At its heart, The Archandroid is a pop record, but it's one of those unique collections of indulgent creativity like you might expect from a Kate Bush or Os Mutantes or Van Dyke Parks. It's too early to say that Janelle Monae ranks anywhere near those folks, but she's sure making a big splash into the pool.

(It's impossible to pick a representative track from this album but I'm digging the weird cousin of Crystal Blue Persuasion called Mushrooms & Roses and the sorta-drum&bass sorta-Time Faster.)

Tuesday, December 28, 2010

Reissue Of The Year!: Dolly Mixture - Everything And More...

In this age of everything ever created being available at one's fingertips, it's still a treat when a beloved record gets a deluxe reissue, even more so when the band's collected works are almost impossible to find and/or afford.

So, hurray for Dolly Mixture and Everything And More. (OK, it is neither "everything" or "more" but it's more than has ever been available apart from crappy multi-generation tape dubs or internetted vinyl MP3 captures.)

In 1979, it wasn't terribly unusual for three girls to form a band, but it was uncommon to channel punk energy through a 60's pop style. Imagine a DIY Shangri-Las with more sass and (only slightly) less polish. And so, Dolly Mixture almost immediately floated between the tones of the time and pop classicism. That probably contributed to enthusiastic but small crowds at gigs - and to the absolutely miserable efforts of getting records out.
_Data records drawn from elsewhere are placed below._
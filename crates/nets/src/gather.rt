ghost use Rattle.std.specs.Prelude.{◌≡◌, ◌<◌, Bool, length, MatchResult};
ghost use Rattle.model.specs.Names.{holds};
ghost use Rattle.model.specs.Model.{lists};
ghost use Rattle.model.specs.Looks.{filled};
ghost use Rattle.model.specs.Faults.{plain, told};
ghost use Rattle.nets.specs.Gathering.{each, Gathered};

use model::faults::Fault;
use model::names::Name;
use space::Space;
use space::slots::wipe;
use walks::notes::Note;

// Items and span are lent apart: the contract speaks of any list of notes.
// The names that noted items stand for over the space below: how many, and how far up, of `span` at most, each list found below stays the same-name but raised.
pub(crate) fn gather<B: Space>(
    below: &B,
    items: &[Note],
    span: u64,
    slots: &mut [Name],
) -> Result<(usize, u64), Fault>
    ensures answer { MatchResult result
        (λ g. Gathered (lists (B.Space.means below.now).shape) items.now span g.0 g.1 (length slots.old))
        (λ e. (told e ≡ plain 9) × (length slots.old < length (each (lists (B.Space.means below.now).shape) items.now))) }
    ensures buffer { slots.new ≡ filled (each (lists (B.Space.means below.now).shape) items.now) slots.old }
{
    let answer = put_each(below, items, span, slots);
    if answer.is_err() {
        wipe(slots);
    }
    answer
}

// Puts the names into the slots, item after item, as long as there is room.
fn put_each<B: Space>(
    below: &B,
    items: &[Note],
    span: u64,
    slots: &mut [Name],
) -> Result<(usize, u64), Fault>
    ensures { MatchResult result
        (λ g. Gathered (lists (B.Space.means below.now).shape) items.now span g.0 g.1 (length slots.old)
        × (slots.new ≡ filled (each (lists (B.Space.means below.now).shape) items.now) slots.old))
        (λ e. (told e ≡ plain 9) × (length slots.old < length (each (lists (B.Space.means below.now).shape) items.now))) }
{
    // Counted by hand: an item puts one name or many, so no iterator gives the place.
    let mut count: usize = 0;
    let mut room = span;
    for item in items {
        match *item {
            Note::Own(name) => {
                if count >= slots.len() {
                    return Err(Fault::BufferShort);
                }
                // By index: through `get_mut` the proof did not close.
                slots[count] = name;
                count += 1;
            }
            Note::Arrival(address) => {
                let (more, reach) = below.look(address, &mut slots[count..])?;
                count += more;
                room = room.min(reach - address);
            }
        }
    }
    Ok((count, room))
}

// Whether noted items lead to a name.
pub(crate) fn any_meets<B: Space>(below: &B, items: &[Note], name: Name) -> bool
    ensures { result ≡ holds (each (lists (B.Space.means below.now).shape) items.now) name }
{
    items.iter().any(|item| match *item {
        Note::Own(own) => own == name,
        Note::Arrival(address) => below.meets(address, name),
    })
}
The band never put out a proper album and only managed four 45s (on three labels!) over five years. Perversely, they can boast a UK #1 single as the more-than-just-backing singers on Captain Sensible's wacko cover of "Happy Talk" (from South Pacific! - and try telling me they don't look absolutely adorable with him on Top Of The Pops) - as well as another big hit on the Captain's follow-up, "Wot." (As big aficionados of weird 80's pop, that meant I was a big fan of the Dollies long before I honestly knew anything about their own great work.)

Maybe those up-and-mostly-downs took the pure pop rush of How Come You're Such A Hit With The Boys, Jane? into increasing wistfulness as heard on Shonay Shonay but it might have simply been the maturation of the band from crushes to heartache too. Treasures like Everything And More simply reinforce Dolly Mixture's place in the pop echelon.

As the band began to wind down, they took matters into their own hands and released Demonstration Tapes, a compilation of almost everything they'd recorded to date. This long MIA record makes up the first disc of the reissue and packs in 27 fantastic pop songs. The rest of the package includes the major label singles, a handful of pre-break-up songs, and live tracks. Disc One alone makes for essential listening but the icing on the cake is the amazing Been Teen, a much bootlegged gem that finally saw the digital light of day. And if you take a gander at this crummy video footage, you'll realize just what a holy grail that a clean copy of Been Teen is! The hefty booklet relates the bittersweet tale of this unjustly overlooked band. Go and get this, pop kids!